Optional step: To remove residual RNA, after step c, add 20 µL of RNase A (25 mg/mL), vortex, mix, and incubate at room temperature for 5-10 min.

d. Add 200 µL of Binding Buffer CB, vortex immediately and vigorously, and incubate at 70°C for 10 min.

e. After cooling, add 100 µL of isopropanol and vortex immediately and vigorously. Flocculent precipitate may appear.

f. Using a 1 mL pipette tip, transfer the mixture to a Spin Column AC. If insoluble tissue clogs the tip, wipe the tip on absorbent paper or discard the tip and clump to avoid clogging the column. Centrifuge at 13,000 rpm for 60 sec. Discard the flow-through.

g. Proceed to step 5 in the General Protocol section below.

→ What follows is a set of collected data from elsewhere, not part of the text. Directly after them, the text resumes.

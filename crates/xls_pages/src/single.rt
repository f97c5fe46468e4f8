//! Pages of single bytes.

ghost use Rattle.std.specs.Prelude.{◌≡◌, ◌<◌};
ghost use Rattle.xls_pages.specs.Single.{single_character, table_of};

use crate::dos::{
    PAGE_437, PAGE_720, PAGE_737, PAGE_775, PAGE_850, PAGE_852, PAGE_855, PAGE_857, PAGE_858,
    PAGE_860, PAGE_861, PAGE_862, PAGE_863, PAGE_864, PAGE_865, PAGE_866, PAGE_869,
};
use crate::iso::{
    PAGE_20866, PAGE_21866, PAGE_28592, PAGE_28593, PAGE_28594, PAGE_28595, PAGE_28596, PAGE_28597,
    PAGE_28598, PAGE_28599, PAGE_28603, PAGE_28605,
};
use crate::macintosh::{
    PAGE_10000, PAGE_10006, PAGE_10007, PAGE_10010, PAGE_10017, PAGE_10029, PAGE_10079, PAGE_10081,
    PAGE_10082,
};
use crate::windows::{
    PAGE_874, PAGE_1250, PAGE_1251, PAGE_1252, PAGE_1253, PAGE_1254, PAGE_1255, PAGE_1256,
    PAGE_1257, PAGE_1258,
};

/// A page of single bytes, by its number.
#[derive(Clone, Copy, Debug, PartialEq, Eq)]
pub enum SinglePage {
    P437,
    P720,
    P737,
    P775,
    P850,
    P852,
    P855,
    P857,
    P858,
    P860,
    P861,
    P862,
    P863,
    P864,
    P865,
    P866,
    P869,
    P874,
    P1250,
    P1251,
    P1252,
    P1253,
    P1254,
    P1255,
    P1256,
    P1257,
    P1258,
    P10000,
    P10006,
    P10007,
    P10010,
    P10017,
    P10029,
    P10079,
    P10081,
    P10082,
    P20866,
    P21866,
    P28592,
    P28593,
    P28594,
    P28595,
    P28596,
    P28597,
    P28598,
    P28599,
    P28603,
    P28605,
}

impl SinglePage {
    /// The characters of the bytes 80 to FF.
    fn table(self) -> &'static [u16; 128]
        ensures { result.now ≡ table_of self }
    {
        match self {
            SinglePage::P437 => &PAGE_437,
            SinglePage::P720 => &PAGE_720,
            SinglePage::P737 => &PAGE_737,
            SinglePage::P775 => &PAGE_775,
            SinglePage::P850 => &PAGE_850,
            SinglePage::P852 => &PAGE_852,
            SinglePage::P855 => &PAGE_855,
            SinglePage::P857 => &PAGE_857,
            SinglePage::P858 => &PAGE_858,
            SinglePage::P860 => &PAGE_860,
            SinglePage::P861 => &PAGE_861,
            SinglePage::P862 => &PAGE_862,
            SinglePage::P863 => &PAGE_863,
            SinglePage::P864 => &PAGE_864,
            SinglePage::P865 => &PAGE_865,
            SinglePage::P866 => &PAGE_866,
            SinglePage::P869 => &PAGE_869,
            SinglePage::P874 => &PAGE_874,
            SinglePage::P1250 => &PAGE_1250,
            SinglePage::P1251 => &PAGE_1251,
            SinglePage::P1252 => &PAGE_1252,
            SinglePage::P1253 => &PAGE_1253,
            SinglePage::P1254 => &PAGE_1254,
            SinglePage::P1255 => &PAGE_1255,
            SinglePage::P1256 => &PAGE_1256,
            SinglePage::P1257 => &PAGE_1257,
            SinglePage::P1258 => &PAGE_1258,
            SinglePage::P10000 => &PAGE_10000,
            SinglePage::P10006 => &PAGE_10006,
            SinglePage::P10007 => &PAGE_10007,
            SinglePage::P10010 => &PAGE_10010,
            SinglePage::P10017 => &PAGE_10017,
            SinglePage::P10029 => &PAGE_10029,
            SinglePage::P10079 => &PAGE_10079,
            SinglePage::P10081 => &PAGE_10081,
            SinglePage::P10082 => &PAGE_10082,
            SinglePage::P20866 => &PAGE_20866,
            SinglePage::P21866 => &PAGE_21866,
            SinglePage::P28592 => &PAGE_28592,
            SinglePage::P28593 => &PAGE_28593,
            SinglePage::P28594 => &PAGE_28594,
            SinglePage::P28595 => &PAGE_28595,
            SinglePage::P28596 => &PAGE_28596,
            SinglePage::P28597 => &PAGE_28597,
            SinglePage::P28598 => &PAGE_28598,
            SinglePage::P28599 => &PAGE_28599,
            SinglePage::P28603 => &PAGE_28603,
            SinglePage::P28605 => &PAGE_28605,
        }
    }

    /// The character of a byte.
    pub(crate) fn character(self, byte: u8) -> u16
        ensures { result ≡ single_character self byte }
    {
        if byte < 0x80 {
            return u16::from(byte);
        }
        self.table()[usize::from(byte) - 0x80]
    }
}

4. Animal Tissue (Mouse Tail)

a. Mince a 0.2-0.5 cm mouse tail tip (20-50 mg) *(must be within 0-2 cm from the tip for effective lysis)*, or grind to a fine powder in liquid nitrogen. Transfer to a 1.5 mL tube containing 180 µL of Tissue Lysis Buffer TL. Mix by pipetting with a wide-bore tip.

b. Add 20 µL of Proteinase K (20 mg/mL) and vortex immediately and vigorously.

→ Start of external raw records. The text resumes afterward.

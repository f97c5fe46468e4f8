//! Code pages by tables: DOS, Windows, Macintosh, KOI8, ISO 8859, and the pages of pairs 932, 936, 949 and 950.
#![tactic(auto)]

mod dos;
mod double;
mod iso;
mod laws;
mod macintosh;
mod page;
mod pairs_932;
mod pairs_936;
mod pairs_949;
mod pairs_950;
mod single;
mod windows;

pub use double::DoublePage;
pub use laws::no_ascii_is_lost;
pub use page::CodePage;
pub use single::SinglePage;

c. Incubate the lysate at 55°C for 3 hours or until completely digested, gently inverting the tube several times.

Optional step: To remove residual RNA, after step c, add 20 µL of RNase A (25 mg/mL), vortex, mix, and incubate at room temperature for 5-10 min.

d. Homogenize the lysate by passing it 2-3 times through a 1 mL disposable syringe (without needle).

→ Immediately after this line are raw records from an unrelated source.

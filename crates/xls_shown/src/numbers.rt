//! The texts of sections, with their signs.

ghost use Rattle.std.specs.Prelude.{◌≡◌, ◌<◌, [], ◌++◌, OnOk, OnErr};
ghost use Rattle.std.specs.String.{string_bytes};
ghost use Rattle.std.specs.Str.{chars};
ghost use Rattle.std.specs.List.{flat_map};
ghost use Rattle.xls_bytes.specs.Doubles.{exponent_of};
ghost use Rattle.xls_bytes.specs.Growth.{IsGrown};
ghost use Rattle.xls_rounding.specs.Rounding.{decimal_of};
ghost use Rattle.xls_number_formats.specs.Sections.{kinds};
ghost use Rattle.xls_number_formats.specs.Texts.{shown_by};
ghost use Rattle.xls_shown_dates.specs.Fields.{fields, clock_of};
ghost use Rattle.xls_shown_dates.specs.Texts.{section_text};
ghost use Rattle.xls_shown_numbers.specs.General.{general};
ghost use Rattle.xls_shown_numbers.specs.Plain.{plain_of, plain_text};
ghost use Rattle.xls_shown_numbers.specs.Exponent as exponents;
ghost use Rattle.xls_shown_numbers.specs.Exponent.{exponent_text};
ghost use Rattle.xls_shown_fractions.specs.Needs as fractions;
ghost use Rattle.xls_shown_fractions.specs.Texts.{fraction_text};
ghost use Rattle.xls_shown.specs.Shown.{Gains, sign, hashes, general_item, general_token, general_text, IsDateShown};

use std::alloc::AllocError;
use xls_number_formats::{Item, SectionItems};
use xls_rounding::to_15_digits;
use xls_shown_dates::{Clock, Moment, moment_of, push_moment};
use xls_shown_fractions::{Fraction, push_fraction};
use xls_shown_numbers::{Exponent, Plain, push_exponent, push_general_double, push_plain};

// Appends a text.
pub(crate) fn push_own(own: &str, text: &mut String) -> Result<(), AllocError>
    ensures ok { OnOk result (chars (string_bytes text.new) ≡ chars (string_bytes text.old) ++ chars own.now) }
    ensures err { OnErr result (string_bytes text.new ≡ string_bytes text.old) }
    ensures grown { IsGrown (string_bytes text.old) (string_bytes text.new) }
{
    text.push_str(own)
}

#[tactic(auto, using(crate::proofs::SignLemmas::no_chars, crate::proofs::SignLemmas::minus_alone))]
fn sign<'a>(minus: bool) -> &'a str
    ensures { chars result.now ≡ sign minus }
{
    if minus { "-" } else { "" }
}

// Appends a minus, or nothing.
fn append_sign(minus: bool, text: &mut String) -> Result<(), AllocError>
    ensures ok { OnOk result (chars (string_bytes text.new) ≡ chars (string_bytes text.old) ++ sign minus) }
    ensures grown { IsGrown (string_bytes text.old) (string_bytes text.new) }
{
    push_own(sign(minus), text)
}

#[tactic(auto, using(crate::proofs::SignLemmas::hashes_alone))]
fn hashes<'a>() -> &'a str
    ensures { chars result.now ≡ hashes }
{
    "########"
}

pub(crate) fn append_hashes(text: &mut String) -> Result<(), AllocError>
    ensures ok { OnOk result (chars (string_bytes text.new) ≡ chars (string_bytes text.old) ++ hashes) }
    ensures grown { IsGrown (string_bytes text.old) (string_bytes text.new) }
{
    push_own(hashes(), text)
}

// Appends the size of a number as `General` shows it.
fn append_size(bits: u64, text: &mut String) -> Result<(), AllocError>
    ensures ok { OnOk result (chars (string_bytes text.new) ≡ chars (string_bytes text.old) ++ general (decimal_of bits)) }
    ensures grown { IsGrown (string_bytes text.old) (string_bytes text.new) }
{
    push_general_double(bits, text)
}

// Appends a number without a section.
pub(crate) fn append_general(minus: bool, bits: u64, text: &mut String) -> Result<(), AllocError>
    ensures ok { OnOk result (chars (string_bytes text.new)
        ≡ chars (string_bytes text.old) ++ (sign minus ++ general (decimal_of bits))) }
    ensures grown { IsGrown (string_bytes text.old) (string_bytes text.new) }
{
    append_sign(minus, text)?;
    append_size(bits, text)
}

// What an item of a section with `General` shows, but the word.
#[tactic(auto, using(crate::proofs::SignLemmas::no_chars))]
fn own_text<'a>(item: Item, own: &'a str) -> &'a str
    ensures { chars result.now ≡ shown_by item (chars own.now) [] }
{
    match item {
        Item::Text | Item::Place(_) | Item::Elapsed(_) => "",
        _ => own,
    }
}

fn append_general_item(
    bits: u64,
    item: Item,
    own: &str,
    text: &mut String,
) -> Result<(), AllocError>
    ensures ok { OnOk result (chars (string_bytes text.new)
        ≡ chars (string_bytes text.old) ++ general_item (decimal_of bits) item (chars own.now)) }
    ensures grown { IsGrown (string_bytes text.old) (string_bytes text.new) }
{
    match item {
        Item::General => append_size(bits, text),
        _ => push_own(own_text(item, own), text),
    }
}

fn append_general_items(
    section: &SectionItems<'_>,
    bits: u64,
    text: &mut String,
) -> Result<(), AllocError>
    ensures ok { OnOk result (chars (string_bytes text.new)
        ≡ chars (string_bytes text.old) ++ general_text section.now (decimal_of bits)) }
    ensures grown { IsGrown (string_bytes text.old) (string_bytes text.new) }
{
    let mut items = section.iter();
    'items: while let Some((item, own)) = items.next() {
        append_general_item(bits, item, own, text)?;
    }
    Ok(())
}

// Appends a number under a section with `General`.
pub(crate) fn append_general_section(
    section: &SectionItems<'_>,
    minus: bool,
    bits: u64,
    text: &mut String,
) -> Result<(), AllocError>
    ensures ok { OnOk result (chars (string_bytes text.new)
        ≡ chars (string_bytes text.old) ++ (sign minus ++ general_text section.now (decimal_of bits))) }
    ensures grown { IsGrown (string_bytes text.old) (string_bytes text.new) }
{
    append_sign(minus, text)?;
    append_general_items(section, bits, text)
}

// Appends a number under a section of places.
pub(crate) fn append_plain(
    section: &SectionItems<'_>,
    plain: &Plain,
    minus: bool,
    bits: u64,
    text: &mut String,
) -> Result<(), AllocError>
    requires { plain.now ≡ plain_of (kinds section.now) }
    ensures ok { OnOk result (chars (string_bytes text.new)
        ≡ chars (string_bytes text.old) ++ (sign minus ++ plain_text section.now (decimal_of bits))) }
    ensures grown { IsGrown (string_bytes text.old) (string_bytes text.new) }
{
    append_sign(minus, text)?;
    push_plain(section, plain, to_15_digits(bits), text)
}

// Appends a number under a section with an exponent.
pub(crate) fn append_exponent(
    section: &SectionItems<'_>,
    exponent: &Exponent,
    minus: bool,
    bits: u64,
    text: &mut String,
) -> Result<(), AllocError>
    requires { exponent.now ≡ exponents.needs_of section.now }
    ensures ok { OnOk result (chars (string_bytes text.new)
        ≡ chars (string_bytes text.old) ++ (sign minus ++ exponent_text section.now (decimal_of bits))) }
    ensures grown { IsGrown (string_bytes text.old) (string_bytes text.new) }
{
    append_sign(minus, text)?;
    push_exponent(section, exponent, to_15_digits(bits), text)
}

// Appends a number under a section with a fraction.
pub(crate) fn append_fraction(
    section: &SectionItems<'_>,
    fraction: &Fraction,
    minus: bool,
    bits: u64,
    text: &mut String,
) -> Result<(), AllocError>
    requires finite { exponent_of bits < 2047 }
    requires fraction { fraction.now ≡ fractions.needs_of section.now }
    ensures ok { OnOk result (chars (string_bytes text.new)
        ≡ chars (string_bytes text.old) ++ (sign minus ++ fraction_text section.now bits)) }
    ensures grown { IsGrown (string_bytes text.old) (string_bytes text.new) }
{
    append_sign(minus, text)?;
    push_fraction(section, fraction, bits, text)
}

// Appends a moment under a date's section.
fn append_moment(
    section: &SectionItems<'_>,
    clock: Clock,
    minus: bool,
    moment: &Moment,
    text: &mut String,
) -> Result<(), AllocError>
    ensures ok { OnOk result (chars (string_bytes text.new)
        ≡ chars (string_bytes text.old) ++ (sign minus ++ section_text clock moment.now section.now)) }
    ensures grown { IsGrown (string_bytes text.old) (string_bytes text.new) }
{
    append_sign(minus, text)?;
    push_moment(section, clock, moment, text)
}

// Appends a number under a date's section.
pub(crate) fn append_date(
    section: &SectionItems<'_>,
    clock: Clock,
    minus: bool,
    bits: u64,
    is_1904: bool,
    text: &mut String,
) -> Result<(), AllocError>
    requires { clock ≡ clock_of (fields section.now) }
    ensures ok { OnOk result (Gains (λ shown. IsDateShown section.now minus is_1904 bits shown)
        (chars (string_bytes text.old)) (chars (string_bytes text.new))) }
    ensures grown { IsGrown (string_bytes text.old) (string_bytes text.new) }
{
    match moment_of(bits, is_1904, clock.precision()) {
        None => append_hashes(text),
        Some(moment) => append_moment(section, clock, minus, &moment, text),
    }
}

e. Add 200 µL of Binding Buffer CB and 100 µL of isopropanol. Vortex immediately and vigorously.

f. Centrifuge at 13,000 rpm for 5 min. Transfer the supernatant to a Spin Column AC. Centrifuge at 13,000 rpm for 30-60 sec. Discard the flow-through.

g. Proceed to step 5 in the General Protocol section below.

Immediate and thorough vortexing/mixing in the above steps is critical. Inadequate mixing severely reduces yield. If the sample is viscous, vortex for up to 15 seconds.

General Protocol:

5. Add 500 µL of Inhibitor Removal Buffer IR to the column. Centrifuge at 12,000 rpm for 30 sec. Discard flow-through.

6. Add 600 µL of Wash Buffer WB (ensure ethanol has been added!). Centrifuge at 12,000 rpm for 30 sec. Discard flow-through.

7. Repeat step 6 with another 600 µL of Wash Buffer WB.

8. Place the Spin Column AC back into the empty collection tube. Centrifuge at 13,000 rpm for 2 min to dry the membrane completely and remove residual ethanol.

9. Transfer the Spin Column AC to a clean 1.5 mL tube. Apply 100 µL of pre-warmed (65-70°C) Elution Buffer EB directly to the center of the membrane. Let stand at room temperature for 3-5 min. Centrifuge at 12,000 rpm for 1 min. For higher yield, reload the eluate onto the column, let stand for 2 min, and centrifuge again.

Larger elution volumes increase elution efficiency. For higher DNA concentration, reduce the volume, but the minimum should not be less than 50 µL, as too small a volume reduces elution efficiency and yield.

10. DNA can be stored at 2-8°C short-term. For long-term storage, place at -20°C.